И наконец, как награда, – соленые слезы. Вспышки, несущие успокоение. Теплое гнездышко, где можно свернуться калачиком.

Как на руках у Мари, когда умерли родители.

Утром пятнадцатого дня Лоик опять приходит в камеру к Натану. Без табурета. Без револьвера. С очередным вопросом. Ответа нет, как всегда. Он звучит лишь в голове Натана, готовой лопнуть от переполняющих ее вопросов и предположений. Настает утро шестнадцатого дня, семнадцатого и так далее, это продолжается неделями. Новый день – новый вопрос. Новая доля ужаса и тревоги с каждым посещением. Новая гора отбросов, которые он по привычке перебирает, сортирует и анализирует, чтобы не сойти с ума.

Чтобы выжить.

И отыскать единственно верный ответ.

С каждым разом Лоик проводит в камере все меньше времени. Иногда он приходит только для того, чтобы задать вопрос. Но зачастую сопровождает его небольшой историей из жизни, на первый взгляд никак не связанной с вопросом. И все же между ними всегда есть глубокая связь. Понять это сразу Натану мешает гнев, кипящая в крови бессильная ярость или гложущее его чувство вины. Метод Лоика безупречен. Днями и ночами Натан размышляет, разрабатывает план объяснения и ждет следующего вопроса. Эти посещения, как кокаин, вызывают вполне предсказуемую зависимость. Стоит пропустить хоть одно, и Натан погружается в пучину сомнений и страданий.

Лоик играет и на этом. Его не было на тридцать восьмой, сорок третий и сорок пятый день. Заходя в камеру после такого перерыва, он обнаруживает, что Натан лежит на кровати вялый, не способный издать ни звука. Тогда Лоик испытывает невероятную гордость. Он знает, что Сахар слышит его благодаря спрятанному в комнате жучку.

Чувствуя, что Натан вот-вот сорвется, Лоик начинает давить на то, какой он компетентный ученый и какую пользу мог бы принести СЕРИМЕКСу. Рассуждает о склонности Натана к анализу, о ценных познаниях в сфере властных отношений, методов убеждения и возможностей их применения. Обращается к нему то на «вы», то на «ты», путая его и выступая сразу в нескольких ролях: восхищенного ученика, советника и наставника.

– И вы, Натан, тоже можете стать провидцем. Подумайте, сколько мы сделали бы вместе.

Но Лоик – всего лишь мальчишка. Натан считает его посещения. С самого начала.

Семнадцатый день: «Я все еще жив».

Это единственный выход, который он нашел, пытаясь привести в порядок мысли, отделить плевелы от пшеницы, понять, где мед, а где деготь.

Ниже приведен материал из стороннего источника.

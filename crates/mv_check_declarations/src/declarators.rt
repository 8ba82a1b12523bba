// Declarators and parameters (C11 6.7.6).

ghost use Rattle.std.specs.Prelude.{◌≡◌, [], map};
ghost use Rattle.mv_check_expressions.specs.Judged.{IsJudged, Good};
ghost use Rattle.mv_check_declarations.specs.Turns.{IsBehind};
ghost use Rattle.mv_check_declarations.specs.Declarators.{numbered, function_type, size_of, is_taken_by, new_parameter, designated, parameter, parameter_declarator};

use crate::attributes::{NOTHING, Position, attributes};
use crate::enumerators::is_taken;
use crate::specifiers::{Specified, specifiers};
use mv_ast::program::{CType, Signature};
use mv_check_expressions::constant::{Constant, needed};
use mv_check_expressions::error::RuleError;
use mv_check_expressions::rules;
use mv_check_scope::convert::is_void;
use mv_check_scope::meaning::{Meaning, Storage, Variable};
use mv_check_scope::scope::Scope;
use mv_num::list::List;
use mv_num::text::Text;
use mv_syntax::place::Place;
use mv_syntax::unit::{Declarator, Node, Param, Shape};
use std::alloc::Global;

/// What a declarator designates (C11 6.7.6): a scalar or an array of a type, which may be `const`, with the size where it is written; or
/// a function, by the number of its signature.
#[derive(Clone, Copy, PartialEq, Eq, Debug)]
pub enum Entity {
    Scalar(CType, bool),
    Array(CType, bool, Option<Constant>),
    Function(u32),
}

// The number of a signature. There is no memory for a 2^32nd.
fn number_signature(
    alloc: Global,
    scope: &mut Scope,
    result_type: CType,
    params: List<CType>,
) -> Result<u32, RuleError>
    ensures { IsBehind (Good (numbered result_type params scope.old)) result scope.new }
{
    if scope.signatures.len() > 0xFFFF_FFFF {
        return Err(RuleError::Memory);
    }
    let signature = Signature {
        result: result_type,
        params,
    };
    let number = scope.signatures.number(alloc, signature)?;
    Ok(number)
}

fn size_of(alloc: Global, scope: &Scope, size: &Option<Node>) -> Result<Option<Constant>, RuleError>
    ensures { IsJudged (size_of scope.now size.now) result }
{
    match size {
        None => Ok(None),
        Some(node) => {
            let constant = needed(alloc, scope, node)?;
            Ok(Some(constant))
        }
    }
}

/// Whether the innermost block has a name, if there is one.
pub fn is_taken_by(scope: &Scope, name: &Option<Text>) -> bool
    ensures { result ≡ is_taken_by scope.now name.now }
{
    match name {
        None => false,
        Some(name) => is_taken(scope, name.bytes()),
    }
}

#[tactic(auto, unfolding(crate::specs::Declarators::new_parameter))]
fn new_parameter(
    alloc: Global,
    scope: &mut Scope,
    place: Place,
    name: &Option<Text>,
    entity: Entity,
) -> Result<CType, RuleError>
    ensures { IsBehind (new_parameter place name.now entity scope.old) result scope.new }
{
    if is_taken_by(scope, name) {
        return Err(RuleError::Rule(place, rules::REDECLARATIONS));
    }
    match entity {
        Entity::Array(_, _, _) | Entity::Function(_) => Err(RuleError::Rule(
            place,
            rules::DECLARATIONS,
        )),
        Entity::Scalar(ctype, fixed) => {
            if is_void(ctype) {
                return Err(RuleError::Rule(place, rules::VOID));
            }
            match name {
                None => Ok(ctype),
                Some(name) => {
                    let object = Variable {
                        storage: Storage::Local(0),
                        ctype,
                        fixed,
                        switch: None,
                    };
                    scope.declare(alloc, name.bytes(), Meaning::Object(object))?;
                    Ok(ctype)
                }
            }
        }
    }
}

/// What a declarator designates, by the type of its specifiers and whether `const` is one of them.
#[cycle(shapes)]
pub fn designated(
    alloc: Global,
    scope: &mut Scope,
    ctype: CType,
    fixed: bool,
    shape: &Shape,
) -> Result<Entity, RuleError>
    ensures { IsBehind (designated shape.now ctype fixed scope.old) result scope.new }
{
    match shape {
        Shape::Plain => Ok(Entity::Scalar(ctype, fixed)),
        Shape::Array(size) => {
            let size = size_of(alloc, scope, size)?;
            Ok(Entity::Array(ctype, fixed, size))
        }
        Shape::Function(params) => {
            let number = function_type(alloc, scope, ctype, params.as_slice())?;
            Ok(Entity::Function(number))
        }
        Shape::Pointer(constant, params) => {
            let number = function_type(alloc, scope, ctype, params.as_slice())?;
            Ok(Entity::Scalar(CType::Pointer(number), *constant))
        }
        Shape::PointerArray(constant, size, params) => {
            let size = size_of(alloc, scope, size)?;
            let number = function_type(alloc, scope, ctype, params.as_slice())?;
            Ok(Entity::Array(CType::Pointer(number), *constant, size))
        }
    }
}

#[cycle(shapes)]
fn function_type(
    alloc: Global,
    scope: &mut Scope,
    result_type: CType,
    params: &[Param],
) -> Result<u32, RuleError>
    ensures { IsBehind (function_type result_type (map parameter params.now) scope.old) result scope.new }
{
    scope.enter()?;
    let mut types = List::new(alloc);
    for param in params {
        let ctype = parameter(alloc, scope, param)?;
        types.push(ctype)?;
    }
    scope.leave();
    number_signature(alloc, scope, result_type, types)
}

#[cycle(shapes)]
fn parameter(alloc: Global, scope: &mut Scope, param: &Param) -> Result<CType, RuleError>
    ensures { IsBehind (parameter param.now scope.old) result scope.new }
{
    let base = specifiers(alloc, scope, Position::Parameter, &[], &param.specs)?;
    parameter_declarator(alloc, scope, base, &param.name)
}

#[cycle(shapes)]
fn parameter_declarator(
    alloc: Global,
    scope: &mut Scope,
    base: Specified,
    declarator: &Declarator,
) -> Result<CType, RuleError>
    ensures { IsBehind (parameter_declarator declarator.now base scope.old) result scope.new }
{
    let Specified {
        ctype,
        fixed,
        enumeration: _,
        attribute,
    } = base;
    let entity = designated(alloc, scope, ctype, fixed, &declarator.shape)?;
    let _ = attributes(
        alloc,
        NOTHING,
        None,
        scope,
        declarator.marks.as_slice(),
        attribute,
    )?;
    new_parameter(alloc, scope, declarator.place, &declarator.name, entity)
}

Двадцать девятый день: «Я все еще жив».

Чтобы замедлить его реакцию, Натану стали давать меньше еды, но он держится.

Тридцать седьмой день: «Я все еще жив».

Над Лоиком стоит кто-то еще, и он хочет сломить Натана. В этом слабость Лоика.

Сорок восьмой день: «Я все еще жив».

Натан крепче, чем он думает.

Пятьдесят первый день: «Я все еще жив».

Этим утром Лоик не приходит.

ПРИВА,

28 декабря 2007

Сахар слушает.

Каждый день в одно и то же время.

Сидя по привычке на краю кресла в зале аудио– и видеонаблюдения. С прямой спиной, сложив руки на коленях. Он не питает иллюзий. На двадцать четвертом посещении он понял, что Лоик потерпел неудачу. На тридцать первом убедился в этом. А начиная с тридцать второго принял необходимые меры.

ПРИВА,

31 декабря 2007

Пятьдесят третий день заключения. Охваченный предчувствием, Натан проснулся очень рано и теперь сидит на кровати по-турецки, пытаясь уловить малейший шум, малейшее движение в воздухе. Еще ни разу с тех пор, как они уехали из Гренобля девять недель назад, его ум не был так ясен. Он остро ощущает любые колебания, производимые движением его тела в пространстве.

«Сегодня посещения не будет».

Лоик больше не придет. Он убежден в этом. Следующая его мысль – о том, как просто удерживать в плену трех человек, так, что никто не поднимет тревоги и не сможет отыскать их. Троих – и еще десятки других. Ибо все говорит о том, что он, Камилла и Лора не единственные пленники. Лоик упоминал о подопытных. Сколько их?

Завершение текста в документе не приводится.